L’intégration des SMR dans le projet tchèque pourrait également nécessiter des adaptations technologiques et réglementaires. Bien que la technologie SMR soit prometteuse, elle est encore en phase de développement commercial, avec peu d’unités actuellement en exploitation. Cela implique que des tests et des validations supplémentaires seront nécessaires avant leur adoption à grande échelle en République tchèque. Les défis réglementaires et techniques doivent être abordés avec soin pour garantir la viabilité et la sécurité des installations.
Perspectives d’avenir et implications stratégiques
La visite de Yoon en République tchèque envoie un message fort sur la volonté de la Corée du Sud de renforcer ses relations économiques avec l’Europe, tout en consolidant sa position dans le secteur nucléaire. Bien que les litiges avec Westinghouse et EDF représentent un obstacle à court terme, l’intégration de technologies de réacteurs avancées comme les SMR pourrait révolutionner le marché de l’énergie en Europe centrale. Le succès de ce projet dépendra non seulement des capacités techniques et financières du consortium sud-coréen, mais aussi de la capacité de Séoul à naviguer dans le paysage complexe des droits de propriété intellectuelle et des réglementations internationales.

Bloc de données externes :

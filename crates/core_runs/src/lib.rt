//! A bench for the core of the standby: redo goes through the intake to the core as in the product, and
//! events are asked one by one. The runs over it are tests.
#![tactic(auto)]

mod bench;
#[cfg(test)]
mod tests;

pub use bench::Bench;
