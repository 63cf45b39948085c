ghost use Rattle.std.specs.Prelude.{◌≡◌, ◌<◌, ◌++◌, ◌∷◌, [], IfOk, OnOk, Err};
ghost use Rattle.adg_model.specs.declared.fault.RedoFault.{RedoFault as Fault};
ghost use Rattle.adg_model.specs.Sound.{IsRedoFault};
ghost use Rattle.core_runs.specs.InStep.{IsInStep, HasDelivered, HasAsked, delivery_of};

use adg_base::command::CommandText;
use adg_base::list::{Bytes, List};
use adg_base::memory::Memory;
use adg_base::number::Scn;
use adg_model::delivery::{RawDelivery, RedoPiece};
use core_rules::event::{CoreAnswer, Event};
use redo_intake::{IntakeRefused, RedoIntake};
use standby_core::Core;
use std::alloc::Global;

/// The only thread of a bench.
const THREAD: u8 = 1;

/// A core with the intake that its redo comes through. The redo is of one thread; there are no commands,
/// since whoever has the bench asks the events.
#[derive(Drop)]
pub struct Bench {
    alloc: Global,
    intake: RedoIntake,
    core: Core,
    /// How many bytes of redo were delivered.
    delivered: u64,
}

impl Bench {
    /// A bench of so many workers and sessions that nothing was delivered to.
    pub fn new(alloc: Global, workers: u8, sessions: u8) -> Result<Bench, Memory>
        requires { 0 < workers }
        ensures { IfOk result IsInStep }
    {
        Ok(Bench {
            alloc,
            intake: RedoIntake::new(alloc, THREAD)?,
            core: Core::start(alloc, workers, sessions)?,
            delivered: 0,
        })
    }

    /// Takes the redo bytes of the next delivery, and has the core receive their entries. After an error
    /// the bench is of no further use. Want of memory is answered too where it would be the 2^64th byte.
    pub fn deliver(&mut self, redo: Bytes) -> Result<(), IntakeRefused>
        requires { IsInStep self.old }
        ensures ok { OnOk result ((before : IsInStep self.old) → HasDelivered before self.new redo) }
        ensures in_step { OnOk result (IsInStep self.new) }
        ensures refused { (fault : Fault) → result ≡ Err (IntakeRefused.Redo fault) → (before : IsInStep self.old) → IsRedoFault 1 (before.deliveries ++ delivery_of redo ∷ []) fault }
    {
        let Some(delivered) = self.delivered.checked_add(redo.len() as u64) else {
            return Err(IntakeRefused::Memory);
        };
        if delivered >= u64::MAX {
            return Err(IntakeRefused::Memory);
        }
        let delivery = self.raw_delivery(redo)?;
        let checked = self.intake.take(delivery)?;
        self.core.receive(checked.entries, checked.frontier)?;
        self.delivered = delivered;
        Ok(())
    }

    /// What the core answers to an event, and makes of it.
    pub fn ask(&mut self, event: Event) -> Result<CoreAnswer, Memory>
        requires { IsInStep self.old }
        ensures ok { IfOk result (λ answer. (before : IsInStep self.old) → HasAsked before self.new event answer) }
        ensures in_step { IsInStep self.new }
    {
        self.core.step(event, self.intake.dictionary())
    }

    /// The QuerySCN of the core.
    pub fn query_scn(&self) -> Scn
        ensures { (is : IsInStep self.now) → result ≡ is.state.query }
    {
        self.core.query_scn()
    }

    /// The frontier of the redo that was delivered.
    pub fn frontier(&self) -> Scn
        ensures { (is : IsInStep self.now) → result ≡ is.state.frontier }
    {
        self.intake.frontier()
    }
}

impl Bench {
    /// The redo as a delivery without commands.
    fn raw_delivery(&self, redo: Bytes) -> Result<RawDelivery, Memory>
        ensures { IfOk result (λ delivery. delivery ≡ delivery_of redo) }
    {
        let mut pieces = List::new(self.alloc);
        pieces.push(RedoPiece {
            thread: THREAD,
            bytes: redo,
        })?;
        let commands: List<CommandText> = List::new(self.alloc);
        let schedule: Bytes = List::new(self.alloc);
        Ok(RawDelivery {
            pieces,
            commands,
            schedule,
        })
    }
}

Ce projet pourrait également ouvrir la voie à de nouvelles collaborations dans d’autres secteurs technologiques, y compris la gestion des combustibles usés et les technologies d’énergie renouvelable. En établissant un partenariat à long terme entre la Corée du Sud et la République tchèque, les deux pays pourraient bénéficier d’une synergie accrue dans le développement de solutions énergétiques durables et innovantes. Les enjeux de la décarbonation et de la transition énergétique mondiale rendent ces collaborations d’autant plus pertinentes dans le contexte actuel.